2. The method of claim 1, wherein the flow graph is an execution plan output by the first execution engine in response to a request for an execution plan for the flow.

3. The method of claim 1, wherein the flow graph is generated based on a flow specification corresponding to the flow.

4. The method of claim 1, wherein modifying the flow graph comprises:

parsing the flow graph; and

converting the parsed flow graph to a second flow graph in the logical language.

5. The method of claim 4, wherein modifying the flow graph further comprises optimizing the second flow graph.

6. The method of claim 4,

wherein modifying the flow graph further comprises decomposing the second flow graph into sub-flows, and

wherein generating a program from the modified flow graph comprises generating at least a first program based on one of the sub-flows for execution on the first execution engine and a second program based on another of the sub-flows for execution on a second execution engine.

7. The method of claim 4, wherein modifying the flow graph further comprises combining the second flow graph with at least one other flow graph associated with another flow.

8. The method of claim 4, further comprising:

determining a degree of nesting for the flow prior to parsing the flow graph; and

wherein modifying the flow graph further comprises decomposing the second flow graph into sub-flows based on the degree of nesting.

9. The method of claim 8, wherein the degree of nesting is determined based on the flow, an execution window for the flow, the first execution engine, and status information of a system comprising the first execution engine.

10. The method of claim 1, wherein the flow is expressed in a first high-level language associated with the first execution engine and the program is expressed in a second high-level language associated with the execution engine.

11. A system for modifying an analytic flow, comprising:

a flow graph module to obtain a flow graph representative of a flow associated with an execution engine;

a parser to parse the flow graph into multiple elements;

a logical flow generator to generate a logical flow graph expressed in a logical language based on the multiple elements; and

a code generator to generate a program from the logical flow graph.

12. The system of claim 11, further comprising a logical flow processor to at least one of optimize the logical flow graph, decompose the logical flow graph, or present a graphical view of the logical flow graph.

13. The system of claim 12, wherein the logical flow processor is configured to combine the logical flow graph with a second logical flow graph to yield a single logical flow graph.

14. The system of claim 11, wherein the flow graph module is configured to obtain the flow graph by requesting an execution plan for the flow from the execution engine.

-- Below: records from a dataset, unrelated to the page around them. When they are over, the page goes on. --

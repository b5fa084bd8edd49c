// A well-formed sheet, as the reader hands it on: all behind the reader take this.
#![tactic(auto)]

ghost use Rattle.std.specs.Prelude.{◌≡◌, true};
ghost use Rattle.std.proofs.Props.{props};
ghost use Rattle.rules.specs.Sheet.{well_formed};
ghost use Rattle.laws.specs.Events.{Small};
ghost use Rattle.sheet.specs.View.{meaning, Counted};
ghost use Rattle.sheet.specs.Props.{counted_prop, small_prop};

use crate::Sheet;

// What its bytes say, and the bytes.
#[derive(Clone, Copy)]
pub struct WellFormed<'a> {
    pub view: Sheet,
    pub bytes: &'a [u8],
    // The rows that are counted lie in the bytes.
    ghost counted: { Counted view bytes.now } by { counted_prop view bytes.now },
    // There are few of them.
    ghost few: { Small (meaning view bytes.now) } by { small_prop (meaning view bytes.now) },
    // The rules of "The sheet" are kept.
    ghost well: { well_formed (meaning view bytes.now) ≡ true } by { Prim.hlevel props },
}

15. A non-transitory computer-readable storage medium storing instructions for execution by a computer for modifying an analytic flow, the instructions when executed causing the computer to:

obtain a flow graph representative of a flow associated with a first execution engine;

generate a logical flow graph expressed in a logical language from the flow graph;

decompose the logical flow graph into multiple sub-flows; and

generate multiple programs corresponding to the sub-flows for execution on multiple execution engines.